Extracting basic date/time features involves extracting fundamental information from date/time data such as day of the week, month, year, hour, minute, and second. This allows us to gain insights and patterns from the temporal aspect of the data.



In [None]:
# Data Importation
data = pd.read_csv("https://afterwork.ai/ds/e/healthcare_0ikm9.csv")

# Data Exploration
data.head()

In [None]:
# Feature Engineering Techniques
data['DOB'] = pd.to_datetime(data['DOB'])
data['Admission_Date'] = pd.to_datetime(data['Admission_Date'])
data['Discharge_Date'] = pd.to_datetime(data['Discharge_Date'])

data['DOB_day'] = data['DOB'].dt.day
data['DOB_month'] = data['DOB'].dt.month
data['DOB_year'] = data['DOB'].dt.year

data['Admission_dayofweek'] = data['Admission_Date'].dt.dayofweek
data['Admission_month'] = data['Admission_Date'].dt.month
data['Admission_year'] = data['Admission_Date'].dt.year

data['Discharge_hour'] = data['Discharge_Date'].dt.hour
data['Discharge_minute'] = data['Discharge_Date'].dt.minute
data['Discharge_second'] = data['Discharge_Date'].dt.second

data.head()

## 3.2 Calculating Elapsed Time

Calculating elapsed time in healthcare data analysis involves determining the time that has passed between two specific dates or times.
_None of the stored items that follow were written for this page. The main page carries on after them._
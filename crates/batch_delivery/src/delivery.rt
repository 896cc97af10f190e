//! From decided batches to one total order: batches go by instance, and an item in several of them is delivered once.
ghost use Rattle.std.specs.Prelude.{ℕ, List, All, true, false, None, ◌≡◌, ◌≢◌, ◌<◌, ◌≤◌, ◌+◌, ◌∷◌, ◌++◌, ◌||◌, [], IfOk, IfSome, IfNone, OnOk, OnErr, is_some, length, Some, take};
ghost use Rattle.std.specs.List.{list_all};
ghost use Rattle.std.specs.Ordering.{nat_cmp};
ghost use Rattle.std.specs.BTreeMap.{btree_map_len, get, insert_entry};
ghost use Rattle.std.specs.Map.{values_of};
ghost use Rattle.upd_base.specs.Item.{ItemFits, id_of, item_fits};
ghost use Rattle.order_trait.specs.Outbox.{Grows};
ghost use Rattle.instance_rules.specs.Say.{Items};
ghost use Rattle.consensus_rules.specs.Items.{add_new, knows};
ghost use Rattle.consensus_rules.specs.Delivered.{batches, decision, items_of};
ghost use Rattle.consensus_rules.specs.Instances.{last_instance};
ghost use Rattle.consensus_rules.specs.Waiting.{in_order};
ghost use Rattle.number_runs.specs.Runs.{holds};
ghost use Rattle.waiting_items.specs.Ids.{apart_from, first_of};

use number_runs::NumberRuns;
use std::alloc::Global;
use std::collections::BTreeMap;
use upd_base::{Batch, Item, NoMemory};
use waiting_items::Waiting;

/// What waits, what is decided and what was delivered.
///
/// A clause speaks of all received items and all decisions for which it stands. Of an instance that was
/// delivered nothing is kept but the origins and numbers of its items.
#[derive(Drop)]
pub struct Delivery {
    members: u8,
    /// How many instances were delivered: those from 1 on.
    count: u64,
    /// The batches of later instances that are decided, by number.
    ahead: BTreeMap<u64, Batch>,
    /// Origin and number of each item that was delivered.
    ids: NumberRuns,
    /// What was received and not delivered.
    waiting: Waiting,
    ghost ahead_fit: { All (λ b. list_all (item_fits members) b ≡ true) (values_of ahead.entries) },
    ghost waiting_fit: { All (ItemFits members) waiting },
}

impl Delivery {
    ghost use Rattle.batch_delivery.specs.Delivery.{AreIdsOf, IsUpTo, StandsFor, members_of, news};

    /// Before any input.
    pub fn new(alloc: Global, members: u8) -> Result<Delivery, NoMemory>
        ensures members { IfOk result (λ d. members_of d ≡ members) }
        ensures stands { IfOk result (λ d. StandsFor d [] []) }
    {
        Ok(Delivery {
            members,
            count: 0,
            ahead: BTreeMap::new(alloc),
            ids: NumberRuns::new(alloc),
            waiting: Waiting::new(alloc)?,
        })
    }

    /// Whether an item with this one's origin and number was delivered.
    fn was_delivered(&self, item: &Item) -> bool
        ensures { result ≡ holds self.now.ids (id_of item.now) }
    {
        let (origin, number) = id(item);
        self.ids.contains(origin, number)
    }

    /// An item was received for the first time.
    pub fn receive(&mut self, alloc: Global, item: Item) -> Result<(), NoMemory>
        requires { ItemFits (members_of self.old) item }
        ensures members { members_of self.new ≡ members_of self.old }
        ensures stands { OnOk result ((items : Items) (ds : List (ℕ × Items)) → knows items item ≡ false → StandsFor self.old items ds → StandsFor self.new (items ++ item ∷ []) ds) }
    {
        if self.was_delivered(&item) {
            return Ok(());
        }
        self.waiting.insert(alloc, item)?;
        Ok(())
    }

    /// Whether an instance is decided; instances count from 1.
    pub fn is_decided(&self, instance: u64) -> bool
        ensures { (items : Items) (ds : List (ℕ × Items)) → 1 ≤ instance → StandsFor self.now items ds → result ≡ is_some (decision instance ds) }
    {
        instance <= self.count || self.ahead.contains_key(&instance)
    }

    /// An instance was decided that was not decided before.
    pub fn decide(&mut self, instance: u64, batch: Batch) -> Result<(), NoMemory>
        requires { list_all (item_fits (members_of self.old)) batch ≡ true }
        ensures members { members_of self.new ≡ members_of self.old }
        ensures stands { OnOk result ((items : Items) (ds : List (ℕ × Items)) → decision instance ds ≡ None → StandsFor self.old items ds → IsUpTo self.new (items_of (batches ds)) items (ds ++ (instance, batch) ∷ [])) }
    {
        put(&mut self.ahead, instance, batch)
    }

    /// Takes out the batch of the instance that is next, where it is decided.
    fn take_next(&mut self) -> Option<Batch>
        ensures members { self.new.members ≡ self.old.members }
        ensures ids { self.new.ids ≡ self.old.ids }
        ensures waiting { self.new.waiting ≡ self.old.waiting }
        ensures some { IfSome result (λ batch. get nat_cmp self.old.ahead (self.old.count + 1) ≡ Some batch) }
        ensures count { IfSome result (λ batch. self.new.count ≡ self.old.count + 1) }
        ensures rest { IfSome result (λ batch. (k : ℕ) → self.new.count < k → get nat_cmp self.new.ahead k ≡ get nat_cmp self.old.ahead k) }
        ensures fits { IfSome result (λ batch. list_all (item_fits self.old.members) batch ≡ true) }
        ensures less { IfSome result (λ batch. btree_map_len self.new.ahead < btree_map_len self.old.ahead) }
        ensures none { IfNone result (self.old.count + 1 ≤ last_instance → get nat_cmp self.old.ahead (self.old.count + 1) ≡ None) }
        ensures same_count { IfNone result (self.new.count ≡ self.old.count) }
        ensures same { IfNone result ((k : ℕ) → get nat_cmp self.new.ahead k ≡ get nat_cmp self.old.ahead k) }
    {
        let next = self.count.checked_add(1)?;
        let batch = self.ahead.remove(&next)?;
        self.count = next;
        Some(batch)
    }

    /// Delivers an item, unless one with its origin and number was delivered.
    fn deliver_item(&mut self, item: &Item, delivered: &mut Vec<Item>) -> Result<(), NoMemory>
        ensures members { self.new.members ≡ self.old.members }
        ensures count { self.new.count ≡ self.old.count }
        ensures ahead { self.new.ahead ≡ self.old.ahead }
        ensures waiting { self.new.waiting ≡ self.old.waiting }
        ensures ids { OnOk result ((known : Items) → AreIdsOf self.old.ids known → AreIdsOf self.new.ids (add_new known (item.now ∷ []))) }
        ensures delivered { OnOk result ((known : Items) → AreIdsOf self.old.ids known → delivered.new.items ≡ delivered.old.items ++ news known (item.now ∷ [])) }
        ensures fits { ItemFits self.old.members item.now → OnOk result (Grows (ItemFits self.old.members) delivered.old.items delivered.new.items) }
    {
        let (origin, number) = id(item);
        if self.ids.insert(origin, number)? {
            delivered.push(item.copy()?)?;
        }
        Ok(())
    }

    /// Delivers each of the items, unless one with its origin and number was delivered.
    fn deliver_items(&mut self, items: &[Item], delivered: &mut Vec<Item>) -> Result<(), NoMemory>
        requires { list_all (item_fits self.old.members) items.now ≡ true }
        ensures members { self.new.members ≡ self.old.members }
        ensures count { self.new.count ≡ self.old.count }
        ensures ahead { self.new.ahead ≡ self.old.ahead }
        ensures waiting { self.new.waiting ≡ self.old.waiting }
        ensures ids { OnOk result ((known : Items) → AreIdsOf self.old.ids known → AreIdsOf self.new.ids (add_new known items.now)) }
        ensures delivered { OnOk result ((known : Items) → AreIdsOf self.old.ids known → delivered.new.items ≡ delivered.old.items ++ news known items.now) }
        ensures fits { OnOk result (Grows (ItemFits self.old.members) delivered.old.items delivered.new.items) }
    {
        match items {
            [] => Ok(()),
            [item, rest @ ..] => {
                self.deliver_item(item, delivered)?;
                self.deliver_items(rest, delivered)
            }
        }
    }

    /// Delivers the items of a batch; none of them waits any more.
    fn deliver_batch(
        &mut self,
        alloc: Global,
        items: &[Item],
        delivered: &mut Vec<Item>,
    ) -> Result<(), NoMemory>
        requires { list_all (item_fits self.old.members) items.now ≡ true }
        ensures members { self.new.members ≡ self.old.members }
        ensures count { self.new.count ≡ self.old.count }
        ensures ahead { self.new.ahead ≡ self.old.ahead }
        ensures ids { OnOk result ((known : Items) → AreIdsOf self.old.ids known → AreIdsOf self.new.ids (add_new known items.now)) }
        ensures waiting { OnOk result (self.new.waiting ≡ apart_from items.now self.old.waiting) }
        ensures delivered { OnOk result ((known : Items) → AreIdsOf self.old.ids known → delivered.new.items ≡ delivered.old.items ++ news known items.now) }
        ensures fits { OnOk result (Grows (ItemFits self.old.members) delivered.old.items delivered.new.items) }
    {
        self.waiting.remove_all(alloc, items)?;
        self.deliver_items(items, delivered)
    }

    /// Delivers what the decisions let be delivered: from the instance that is next up to the first that
    /// is not decided.
    pub fn deliver(&mut self, alloc: Global, delivered: &mut Vec<Item>) -> Result<(), NoMemory>
        ensures members { members_of self.new ≡ members_of self.old }
        ensures stands { OnOk result ((known items : Items) (ds : List (ℕ × Items)) → IsUpTo self.old known items ds → StandsFor self.new items ds) }
        ensures delivered { OnOk result ((known items : Items) (ds : List (ℕ × Items)) (more : Items) → IsUpTo self.old known items ds → items_of (batches ds) ≡ known ++ more → delivered.new.items ≡ delivered.old.items ++ more) }
        ensures fits { OnOk result (Grows (ItemFits (members_of self.old)) delivered.old.items delivered.new.items) }
    {
        while let Some(batch) = self.take_next() {
            self.deliver_batch(alloc, batch.items(), delivered)?;
        }
        Ok(())
    }

    /// The number of the instance that is next; None exactly where a u64 does not hold it.
    pub fn next(&self) -> Option<u64>
        ensures counts { IfSome result (λ k. 1 ≤ k) }
        ensures some { IfSome result (λ k. (items : Items) (ds : List (ℕ × Items)) → StandsFor self.now items ds → k ≡ 1 + length (batches ds)) }
        ensures none { IfNone result ((items : Items) (ds : List (ℕ × Items)) → StandsFor self.now items ds → last_instance < 1 + length (batches ds)) }
    {
        self.count.checked_add(1)
    }

    /// The first 32 of the received and undelivered items by origin and number; None exactly where there
    /// are none.
    pub fn first_batch(&self, alloc: Global) -> Result<Option<Batch>, NoMemory>
        ensures is { IfOk result (λ batch. (items : Items) (ds : List (ℕ × Items)) → StandsFor self.now items ds → batch ≡ first_of (in_order (apart_from (items_of (batches ds)) items))) }
        ensures fits { IfOk result (λ found. IfSome found (λ batch. list_all (item_fits (members_of self.now)) batch ≡ true)) }
    {
        self.waiting.first_batch(alloc)
    }

    /// It stands for all for which this one stands.
    pub fn copy(&self, alloc: Global) -> Result<Delivery, NoMemory>
        ensures members { IfOk result (λ copy. members_of copy ≡ members_of self.now) }
        ensures stands { IfOk result (λ copy. (items : Items) (ds : List (ℕ × Items)) → StandsFor self.now items ds → StandsFor copy items ds) }
    {
        Ok(Delivery {
            members: self.members,
            count: self.count,
            ahead: copy_batches(alloc, &self.ahead)?,
            ids: self.ids.copy(alloc)?,
            waiting: self.waiting.copy()?,
        })
    }
}

/// The origin and the number of an item.
fn id(item: &Item) -> (u8, u64)
    ensures { result ≡ id_of item.now }
{
    (item.origin().get(), u64::from(item.number()))
}

/// The same batches.
fn copy_batches(
    alloc: Global,
    batches: &BTreeMap<u64, Batch>,
) -> Result<BTreeMap<u64, Batch>, NoMemory>
    ensures { IfOk result (λ copies. copies.entries ≡ batches.now.entries) }
{
    let mut copies = BTreeMap::new(alloc);
    for (number, batch) in batches.iter() {
        put(&mut copies, *number, batch.copy(alloc)?)?;
    }
    Ok(copies)
}

fn put(batches: &mut BTreeMap<u64, Batch>, number: u64, batch: Batch) -> Result<(), NoMemory>
    ensures ok { OnOk result (batches.new.entries ≡ insert_entry nat_cmp batches.old.entries number batch) }
    ensures err { OnErr result (batches.new.entries ≡ batches.old.entries) }
    ensures here { OnOk result (get nat_cmp batches.new number ≡ Some batch) }
    ensures others { OnOk result ((k : ℕ) → k ≢ number → get nat_cmp batches.new k ≡ get nat_cmp batches.old k) }
{
    batches.insert(number, batch)?;
    Ok(())
}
This concept is important for tracking patient wait times, medication administration intervals, or the duration of a medical procedure.



In [None]:
# Data Importation
df = pd.read_csv("https://afterwork.ai/ds/e/healthcare_5r3du.csv")
df.head()

In [None]:
# Data Exploration
df['Admission_Date'] = pd.to_datetime(df['Admission_Date'])
df['Discharge_Date'] = pd.to_datetime(df['Discharge_Date'])
df['Medication_Start'] = pd.to_datetime(df['Medication_Start'])
df['Medication_End'] = pd.to_datetime(df['Medication_End'])

# Feature Engineering Technique
df['Medication_Elapsed_Time'] = df['Medication_End'] - df['Medication_Start']

df.head()

### <font color="green">Challenge</font>

Calculate the average length of stay (in days) for patients in the healthcare dataset from the URL: https://afterwork.ai/ds/ch/healthcare_rlev5.csv. Remember to calculate the elapsed time by subtracting the Admission Date from the Discharge Date for each patient.

In [None]:
# Data Importation
df = pd.read_csv("https://afterwork.ai/ds/ch/healthcare_rlev5.csv")
df.head()

In [None]:
# Datetime conversions
# Write your code here


# Calculate Length of Stay
# Write your code here

# Calculate Average Length of Stay
average_length_of_stay = df['Length of Stay'].mean()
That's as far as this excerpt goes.